# What to work on:
Copy, from the entries below, each line where the word "forest" can be found.

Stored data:
//! Growing pools.

use crate::pool::Pool;
use keylist::Keyed;
use mapparts::numbers::word;
use mapparts::{GrowPart, Limited, Profile};
use refusal::Refusal;
use std::marker::Model;

/// What a pool grows to: 1 to 65,535 is its id, 1 to 65,536 its number of groups `pg_num`, 1 to `pg_num` the number
/// `pgp_num` of groups for placement.
#[derive(Clone, Copy, Debug, PartialEq, Eq)]
pub struct Grow {
    pool: u32,
    pg_num: u32,
    pgp_num: u32,
}

impl Model for Grow {
    ghost use Rattle.maptypes.specs.Growth.{Growth, IsGrowth};

    ghost Value = { Growth };

    ghost view = { λ g. record { pool = g.pool; pg_num = g.pg_num; pgp_num = g.pgp_num } };

    ghost invariant = { λ g. IsGrowth (record { pool = g.pool; pg_num = g.pg_num; pgp_num = g.pgp_num }) };

    ghost inverse = { λ g. record { pool = g.pool; pg_num = g.pg_num; pgp_num = g.pgp_num } };
}

impl Grow {
    ghost use Rattle.std.specs.Prelude.{◌≡◌, true};
    ghost use Rattle.refusal.specs.Outcomes.{Judges, refused_unless};
    ghost use Rattle.refusal.specs.declared.refused.Refusal.TheVariants.{BadPool};
    ghost use Rattle.maptypes.specs.Growth.{IsGrowth, with_growth};
    ghost use Rattle.mapparts.specs.Parts.{growth_fits, grows_evenly, growth_fault};
    ghost use Rattle.maptypes.specs.Values.{growth_of};
    ghost use Rattle.mapparts.specs.Limits.{plain, stock};

    /// What a pool of a plain cluster grows to.
    ///
    /// # Errors
    ///
    /// `BadLimit` (12) where a number is outside the limits, those of plain clusters among them; else `BadPool` (15)
    /// where `pgp_num` is above `pg_num`.
    pub fn new(pool: i128, pg_num: i128, pgp_num: i128) -> Result<Grow, Refusal>
        ensures { Judges result (growth_fault plain (record { pool = pool; pg_num = pg_num; pgp_num = pgp_num }))
            (λ g. g ≡ growth_of (record { pool = pool; pg_num = pg_num; pgp_num = pgp_num })) }
    {
        let part = GrowPart {
            pool,
            pg_num,
            pgp_num,
        };
        if !part.fits(&Profile::Plain.limits()) {
            return Err(Refusal::BadLimit);
        }
        Grow::of_fitting(part)
    }

    /// What a pool of a stock cluster grows to.
    ///
    /// # Errors
    ///
    /// `BadLimit` (12) where a number is outside its limits; else `BadPool` (15) where `pgp_num` is above `pg_num`.
    pub fn stock(part: GrowPart) -> Result<Grow, Refusal>
        ensures { Judges result (growth_fault stock part) (λ g. g ≡ growth_of part) }
    {
        if !part.fits(&Profile::Stock.limits()) {
            return Err(Refusal::BadLimit);
        }
        Grow::of_fitting(part)
    }

    /// The growth that a part states, whose numbers are known to be within their limits.
    ///
    /// # Errors
    ///
    /// `BadPool` (15) where `pgp_num` is above `pg_num`.
    #[tactic(auto, unfolding(mapparts::specs::Parts::grows_evenly))]
    pub fn of_fitting(part: GrowPart) -> Result<Grow, Refusal>
        requires { growth_fits part ≡ true }
        ensures { Judges result (refused_unless (grows_evenly part) BadPool) (λ g. g ≡ growth_of part) }
    {
        if part.pgp_num > part.pg_num {
            return Err(Refusal::BadPool);
        }
        Ok(Grow {
            pool: word(part.pool),
            pg_num: word(part.pg_num),
            pgp_num: word(part.pgp_num),
        })
    }

    /// The id of the pool.
    pub fn pool(&self) -> u32
        ensures { result ≡ self.now.pool }
    {
        self.pool
    }

    /// The number of groups.
    pub fn pg_num(&self) -> u32
        ensures { result ≡ self.now.pg_num }
    {
        self.pg_num
    }

    /// The number of groups for placement. Each number is within its limits.
    pub fn pgp_num(&self) -> u32
        ensures value { result ≡ self.now.pgp_num }
        ensures within { IsGrowth self.now }
    {
        self.pgp_num
    }

    /// A pool with these numbers of groups.
    pub fn grow(&self, pool: &Pool) -> Pool
        ensures { result ≡ with_growth pool.now self.now }
    {
        pool.with_groups(self.pg_num, self.pgp_num)
    }
}

impl Keyed for Grow {
    ghost key_of = { λ g. g.pool };

    fn key(&self) -> u64 {
        u64::from(self.pool)
    }
}
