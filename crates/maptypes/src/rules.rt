//! Rules under their ids.

use crush::Rule;
use keylist::Keyed;

/// A rule of a map, under its id.
#[derive(Debug, Drop)]
pub struct NumberedRule {
    /// 0 to 255.
    pub id: u32,
    /// What places the groups of a pool.
    pub rule: Rule,
}

impl Keyed for NumberedRule {
    ghost key_of = { λ rule. rule.id };

    fn key(&self) -> u64 {
        u64::from(self.id)
    }
}
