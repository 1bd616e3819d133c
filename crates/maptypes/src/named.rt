//! What a change names and what it leaves, whatever map it is made to.

ghost use Rattle.std.specs.Prelude.{◌≡◌, ◌≤◌, length, IfSome, IfOk, OnOk};
ghost use Rattle.std.specs.Option.{option_copied};
ghost use Rattle.std.specs.List.{All};
ghost use Rattle.std.specs.List.Sorted.{IsNonDecreasingBy};
ghost use Rattle.crush.specs.Limits.{max_size};
ghost use Rattle.keylist.specs.Order.{IsRising};
ghost use Rattle.maptypes.specs.Exceptions.{pg_key, key_of};
ghost use Rattle.maptypes.specs.GroupText.{IsNamedByText};
ghost use Rattle.maptypes.specs.Named.{excepted_groups, union_of, said_after, is_empty};

use crate::change::Change;
use crate::exception::{Exception, Explicit, Items, NamesGroup, Pair};
use crate::pg::Pg;
use crate::pg_text::group_text_is_read_back;
use crate::short::Blank;
use keylist::{Keyed, are_apart, are_distinct, entry_of, has, put_all};
use refusal::Memory;
use std::alloc::Global;

/// Whether a list has no entries.
fn is_empty<T>(entries: &[T]) -> bool
    ensures { result ≡ is_empty entries.now }
{
    matches!(entries, [])
}

/// The groups of some exceptions, in their order; or `Memory` (30).
fn groups_of<E: Blank>(alloc: Global, exceptions: &[Exception<E>]) -> Result<Vec<Pg>, Memory>
    requires { IsRising key_of exceptions.now }
    ensures groups { IfOk result (λ groups. groups.items ≡ excepted_groups exceptions.now) }
    ensures rising { IfOk result (λ groups. IsRising pg_key groups.items) }
{
    let mut groups = Vec::with_capacity(alloc, exceptions.len())?;
    for exception in exceptions {
        groups.push(exception.pg)?;
    }
    Ok(groups)
}

/// Puts some groups among others, each in ascending order; or `Memory` (30).
fn join(groups: &mut Vec<Pg>, others: &[Pg]) -> Result<(), Memory>
    requires some { IsRising pg_key groups.old.items }
    requires others { IsRising pg_key others.now }
    ensures groups { OnOk result (groups.new.items ≡ union_of groups.old.items others.now) }
    ensures rising { OnOk result (IsRising pg_key groups.new.items) }
{
    if matches!(others, []) {
        return Ok(());
    }
    groups.reserve(others.len())?;
    put_all(groups, others);
    Ok(())
}

/// Puts the groups of some exceptions among others, each in ascending order.
///
/// # Errors
///
/// `Memory` (30) where there is no memory for it.
pub fn join_groups_of<E: Blank>(
    alloc: Global,
    groups: &mut Vec<Pg>,
    exceptions: &[Exception<E>],
) -> Result<(), Memory>
    requires some { IsRising pg_key groups.old.items }
    requires others { IsRising key_of exceptions.now }
    ensures groups { OnOk result (groups.new.items ≡ union_of groups.old.items (excepted_groups exceptions.now)) }
    ensures rising { OnOk result (IsRising pg_key groups.new.items) }
{
    join(groups, &groups_of(alloc, exceptions)?)
}

/// What is said of a group after exceptions went and came.
fn said_after<'a, E: Blank>(
    gone: &[Pg],
    new: &'a [Exception<E>],
    said: Option<&'a [E]>,
    pg: Pg,
) -> Option<&'a [E]>
    requires gone { IsNonDecreasingBy pg_key gone.now }
    requires new { IsRising key_of new.now }
    requires few { IfSome said (λ entries. length entries.now ≤ max_size) }
    ensures value { option_copied result ≡ said_after gone.now new.now (option_copied said.entry) pg }
    ensures few { IfSome result (λ entries. length entries.now ≤ max_size) }
{
    match entry_of(new, pg.key()) {
        Some(exception) => Some(exception.entries.as_slice()),
        None if has(gone, pg.key()) => None,
        None => said,
    }
}

/// The text of the group of each entry is read back: for a proof alone.
fn are_read_back<G: NamesGroup>(entries: &[G])
    ensures { All (λ e. IsNamedByText (G.named e)) entries.now }
{
    for entry in entries {
        let pg = entry.group();
        group_text_is_read_back(pg.pool, pg.number);
    }
}

impl Change {
    ghost use Rattle.std.specs.Prelude.{◌≡◌, ◌≤◌, true, [], length, IfSome, IfOk};
    ghost use Rattle.std.specs.Option.{option_copied};
    ghost use Rattle.crush.specs.Limits.{max_size};
    ghost use Rattle.keylist.specs.Order.{IsRising};
    ghost use Rattle.maptypes.specs.Exceptions.{pg_key};
    ghost use Rattle.maptypes.specs.GroupText.{IsNamedByText};
    ghost use Rattle.maptypes.specs.Named.{names_once, is_named, EachNamed, named_groups, NamedRise, explicit_after, items_after, renews, leaves_raw_sets};

    /// Whether no key stands twice in a part, or in both parts of a couple: old and new pools, new pools and growths,
    /// down and up, old and new explicit sets, old and new pairs.
    #[tactic(auto, unfolding(crate::specs::Named::names_once))]
    pub fn names_once(&self) -> bool
        ensures { result ≡ names_once self.now }
    {
        let parts = self.parts();
        are_apart(&parts.pools.gone, &parts.pools.come)
            && are_apart(&parts.pools.come, &parts.pools.grow)
            && are_apart(&parts.osds.down, &parts.osds.up)
            && are_distinct(&parts.weights)
            && are_apart(&parts.explicit.gone, &parts.explicit.come)
            && are_apart(&parts.items.gone, &parts.items.come)
    }

    /// Whether exceptions of a group go or come with it.
    #[tactic(auto, unfolding(crate::specs::Named::is_named))]
    pub fn names(&self, pg: Pg) -> bool
        ensures { result ≡ is_named self.now pg }
    {
        let parts = self.parts();
        let key = pg.key();
        has(&parts.explicit.gone, key)
            || has(&parts.items.gone, key)
            || has(&parts.explicit.come, key)
            || has(&parts.items.come, key)
    }

    /// The text of each group that it names is read back: for a proof alone.
    pub fn groups_are_read_back(&self)
        ensures { EachNamed IsNamedByText self.now }
    {
        let parts = self.parts();
        are_read_back(&parts.explicit.gone);
        are_read_back(&parts.items.gone);
        are_read_back(&parts.explicit.come);
        are_read_back(&parts.items.come);
    }

    /// Whether it names no group.
    fn names_none(&self) -> bool
        ensures { result ≡ true → named_groups self.now ≡ [] }
    {
        let parts = self.parts();
        let gone: (&[Pg], &[Pg]) = (&parts.explicit.gone, &parts.items.gone);
        let come: (&[Explicit], &[Items]) = (&parts.explicit.come, &parts.items.come);
        matches!((gone, come), (([], []), ([], [])))
    }

    /// The groups whose exceptions go or come with it, in ascending order.
    ///
    /// # Errors
    ///
    /// `Memory` (30) where there is no memory for it.
    pub fn named_groups(&self, alloc: Global) -> Result<Vec<Pg>, Memory>
        requires { NamedRise self.now }
        ensures named { IfOk result (λ groups. groups.items ≡ named_groups self.now) }
        ensures rising { IfOk result (λ groups. IsRising pg_key groups.items) }
    {
        if self.names_none() {
            return Ok(Vec::new(alloc));
        }
        let parts = self.parts();
        let mut groups = Vec::from_slice(alloc, &parts.explicit.gone)?;
        join(&mut groups, &parts.items.gone)?;
        join_groups_of(alloc, &mut groups, &parts.explicit.come)?;
        join_groups_of(alloc, &mut groups, &parts.items.come)?;
        Ok(groups)
    }

    /// The explicit set of a group after it, where it had this one, of at most 20 OSDs, or none.
    pub fn explicit_after<'a>(&'a self, said: Option<&'a [u32]>, pg: Pg) -> Option<&'a [u32]>
        requires rise { NamedRise self.now }
        requires few { IfSome said (λ entries. length entries.now ≤ max_size) }
        ensures value { option_copied result ≡ explicit_after self.now (option_copied said.entry) pg }
        ensures few { IfSome result (λ entries. length entries.now ≤ max_size) }
    {
        let parts = self.parts();
        said_after(&parts.explicit.gone, &parts.explicit.come, said, pg)
    }

    /// The pairs of a group after it, where it had these, at most 20, or none.
    pub fn items_after<'a>(&'a self, said: Option<&'a [Pair]>, pg: Pg) -> Option<&'a [Pair]>
        requires rise { NamedRise self.now }
        requires few { IfSome said (λ entries. length entries.now ≤ max_size) }
        ensures value { option_copied result ≡ items_after self.now (option_copied said.entry) pg }
        ensures few { IfSome result (λ entries. length entries.now ≤ max_size) }
    {
        let parts = self.parts();
        said_after(&parts.items.gone, &parts.items.come, said, pg)
    }

    /// Whether it makes a pool of an id anew: it replaces the forest and the rules, or the pool comes or grows.
    #[tactic(auto, unfolding(crate::specs::Named::renews))]
    pub fn renews(&self, id: u32) -> bool
        ensures { result ≡ renews self.now id }
    {
        let parts = self.parts();
        parts.crush.is_some()
            || has(&parts.pools.come, u64::from(id))
            || has(&parts.pools.grow, u64::from(id))
    }

    /// Whether it leaves all pools, the forest, the rules and the reweights as they are, so that only a group whose
    /// exceptions it names is placed otherwise.
    #[tactic(auto, unfolding(crate::specs::Named::leaves_raw_sets))]
    pub fn leaves_raw_sets(&self) -> bool
        ensures { result ≡ leaves_raw_sets self.now }
    {
        let parts = self.parts();
        is_empty(&parts.pools.gone)
            && parts.crush.is_none()
            && is_empty(&parts.pools.come)
            && is_empty(&parts.pools.grow)
            && is_empty(&parts.weights)
    }
}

# Reply to the exercise:
    /// Whether it makes a pool of an id anew: it replaces the forest and the rules, or the pool comes or grows.
    /// Whether it leaves all pools, the forest, the rules and the reweights as they are, so that only a group whose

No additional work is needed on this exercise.